** PROBLEM TO WORK ON **
All lines holding the word "specs" should be located in the records and copied.

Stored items
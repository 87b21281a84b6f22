ghost use Rattle.std.specs.Prelude.{◌≡◌};
ghost use Rattle.std.specs.List.{list_all};
ghost use Rattle.orca_base.specs.Name.{begins_name, continues_name, has_name_form};

/// Whether the text is a letter or `_`, followed by letters, digits and `_`.
pub fn is_name(text: &str) -> bool
    ensures { result ≡ has_name_form text.now }
{
    match text.as_bytes().split_first() {
        Some((first, others)) => may_begin_name(*first) && may_go_on(others),
        None => false,
    }
}

fn may_begin_name(byte: u8) -> bool
    ensures { result ≡ begins_name byte }
{
    byte.is_ascii_alphabetic() || byte == b'_'
}

fn may_go_on(bytes: &[u8]) -> bool
    ensures { result ≡ list_all continues_name bytes.now }
{
    bytes
        .iter()
        .all(|byte| byte.is_ascii_alphanumeric() || *byte == b'_')
}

** SOLUTION FOR THIS PROBLEM **
ghost use Rattle.std.specs.Prelude.{◌≡◌};
ghost use Rattle.std.specs.List.{list_all};
ghost use Rattle.orca_base.specs.Name.{begins_name, continues_name, has_name_form};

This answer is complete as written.